**Data to use:**
::::::::::

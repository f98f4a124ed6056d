// Bytes, keys and names. The put functions write into the output from a place on, and return the place after what they wrote.
ghost use Rattle.std.specs.Prelude.{[], ◌∷◌, ◌++◌, ◌+◌, ◌≤◌, ◌<◌, length, get_or};
ghost use Rattle.std.proofs.Math.Seq.{slice};
ghost use Rattle.text.specs.Pieces.{comma, equals, led_by, join};
ghost use Rattle.text.specs.Keys.{key};
ghost use Rattle.text.specs.Spelled.{spelled};
ghost use Rattle.text_write.specs.Clauses.{Rows, Wrote};

use names::{COMMA, EQUALS};

// Bytes as they are. Every byte of a text is stored here.
pub fn put_bytes(out: &mut [u8], at: usize, src: &[u8]) -> usize
    requires { at + length src.now ≤ length out.old }
    ensures { Wrote at src.now out.old result out.new }
{
    let end = at + src.len();
    copying::copy(&mut out[at..end], src);
    end
}

pub fn put_byte(out: &mut [u8], at: usize, b: u8) -> usize
    requires { at < length out.old }
    ensures { Wrote at (b ∷ []) out.old result out.new }
{
    put_bytes(out, at, &[b])
}

// Key k and its equals sign.
pub fn put_key(out: &mut [u8], at: usize, k: usize) -> usize
    requires { (k < 3) × (at + length (key k ++ (equals ∷ [])) ≤ length out.old) }
    ensures { Wrote at (key k ++ (equals ∷ [])) out.old result out.new }
{
    let j = put_bytes(out, at, names::key(k));
    put_byte(out, j, EQUALS)
}

// The name of symbol i.
pub fn put_name(
    out: &mut [u8],
    at: usize,
    bytes: &[u8],
    starts: &[u32],
    lengths: &[u32],
    i: usize,
) -> usize
    requires { Rows bytes.now starts.now lengths.now × (i < length starts.now)
        × (at + length (get_or (spelled bytes.now starts.now lengths.now) i []) ≤ length out.old) }
    ensures { Wrote at (get_or (spelled bytes.now starts.now lengths.now) i [])
        out.old result out.new }
{
    let a = starts[i] as usize;
    let e = a + lengths[i] as usize;
    put_bytes(out, at, &bytes[a..e])
}

// Names from one symbol up to another, with a comma before each.
fn put_led(
    out: &mut [u8],
    at: usize,
    bytes: &[u8],
    starts: &[u32],
    lengths: &[u32],
    from: usize,
    to: usize,
) -> usize
    requires { Rows bytes.now starts.now lengths.now × (from ≤ to) × (to ≤ length starts.now)
        × (at + length (led_by comma (slice from to (spelled bytes.now starts.now lengths.now))) ≤ length out.old) }
    ensures { Wrote at
        (led_by comma (slice from to (spelled bytes.now starts.now lengths.now)))
        out.old result out.new }
{
    let mut j = at;
    for i in from..to {
        j = put_byte(out, j, COMMA);
        j = put_name(out, j, bytes, starts, lengths, i);
    }
    j
}

// The same with a comma between them.
pub fn put_names(
    out: &mut [u8],
    at: usize,
    bytes: &[u8],
    starts: &[u32],
    lengths: &[u32],
    from: usize,
    to: usize,
) -> usize
    requires { Rows bytes.now starts.now lengths.now × (from ≤ to) × (to ≤ length starts.now)
        × (at + length (join comma (slice from to (spelled bytes.now starts.now lengths.now))) ≤ length out.old) }
    ensures { Wrote at
        (join comma (slice from to (spelled bytes.now starts.now lengths.now)))
        out.old result out.new }
{
    if to <= from {
        return at;
    }
    let j = put_name(out, at, bytes, starts, lengths, from);
    put_led(out, j, bytes, starts, lengths, from + 1, to)
}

::::::::::

**Task to carry out:** Go through the material line by line and state how many lines hold "slice", with no other words.

**Written reply:** 5